**Exercise requirements:**
Search the records for the word "ensures" and copy each line in which it appears.

**Record excerpts:**
━━━━━━━━━━━━━━━━━━━━━━━━━━━━━━
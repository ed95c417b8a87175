//! The statements of a program that release something.

ghost use Rattle.std.specs.Prelude.{◌≡◌, ◌++◌, IfOk, OnOk};
ghost use Rattle.jif_tree.specs.Trees.{block_tree, program_tree};
ghost use Rattle.releasing_statements.specs.Kinds.{own_exprs};
ghost use Rattle.releasing_statements.specs.Releases as spec;
ghost use Rattle.run_comparison.specs.ReleasingKinds.{kind_releases};

use jif_tree::{Program, Stmt, StmtKind};
use js_base::OutOfMemory;
use releasing_statements::releases_itself;
use std::alloc::Global;

/// The number of the first statement whose own expressions hold a `declassify`, and 0 where there is none.
pub fn first_release(alloc: Global, program: &Program) -> Result<u32, OutOfMemory>
    ensures { IfOk result (λ statement. statement ≡ spec.first_release (program_tree program.now)) }
{
    let mut found = Vec::new(alloc);
    for method in &program.methods {
        push_block(&mut found, &method.body)?;
    }
    Ok(found.first().copied().unwrap_or(0))
}

/// Adds the statements of a block, and of the blocks in it, that release something.
#[cycle(found)]
fn push_block(found: &mut Vec<u32>, block: &[Stmt]) -> Result<(), OutOfMemory>
    ensures { OnOk result (found.new.items ≡ found.old.items ++ spec.block_releases (block_tree block.now)) }
{
    for statement in block {
        push_own(found, statement)?;
        push_nested(found, &statement.kind)?;
    }
    Ok(())
}

/// Adds the statements in the blocks of a statement that release something.
#[cycle(found)]
fn push_nested(found: &mut Vec<u32>, what: &StmtKind) -> Result<(), OutOfMemory>
    ensures { OnOk result (found.new.items ≡ found.old.items ++ kind_releases what.now) }
{
    match what {
        StmtKind::If { guard: _, yes, no } => {
            push_block(found, yes)?;
            push_block(found, no)?;
        }
        StmtKind::While { guard: _, body } => push_block(found, body)?,
        _ => {}
    }
    Ok(())
}

/// Adds a statement of whose own expressions one releases something.
fn push_own(found: &mut Vec<u32>, statement: &Stmt) -> Result<(), OutOfMemory>
    ensures { OnOk result (found.new.items
        ≡ found.old.items ++ spec.if_releasing statement.now.id.0 (own_exprs statement.now.kind)) }
{
    if releases_itself(&statement.kind) {
        found.push(statement.id.0)?;
    }
    Ok(())
}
━━━━━━━━━━━━━━━━━━━━━━━━━━━━━━
**Exercise result:**
    ensures { IfOk result (λ statement. statement ≡ spec.first_release (program_tree program.now)) }
    ensures { OnOk result (found.new.items ≡ found.old.items ++ spec.block_releases (block_tree block.now)) }
    ensures { OnOk result (found.new.items ≡ found.old.items ++ kind_releases what.now) }
    ensures { OnOk result (found.new.items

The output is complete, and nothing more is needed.